Transcribe exactly the line containing "#![tactic(auto)]" plus every later line in the data.
*** Opening Material to process ***
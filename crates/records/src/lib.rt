// The parts of check 15, whether a table can have a record: where the run or a caller stands, the variables and the arrays. All of it is for our
// crates above, which see to what is required here.
#![tactic(auto)]

pub mod arrays; // arrays.rt: the arrays
pub mod loops; // loops.rt: where the run or a caller stands
pub mod variables; // variables.rt: the variables, and the locals of what is not at work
*** Closing Material to process ***
• _Answer for this exercise_
#![tactic(auto)]

pub mod arrays; // arrays.rt: the arrays
pub mod loops; // loops.rt: where the run or a caller stands
pub mod variables; // variables.rt: the variables, and the locals of what is not at work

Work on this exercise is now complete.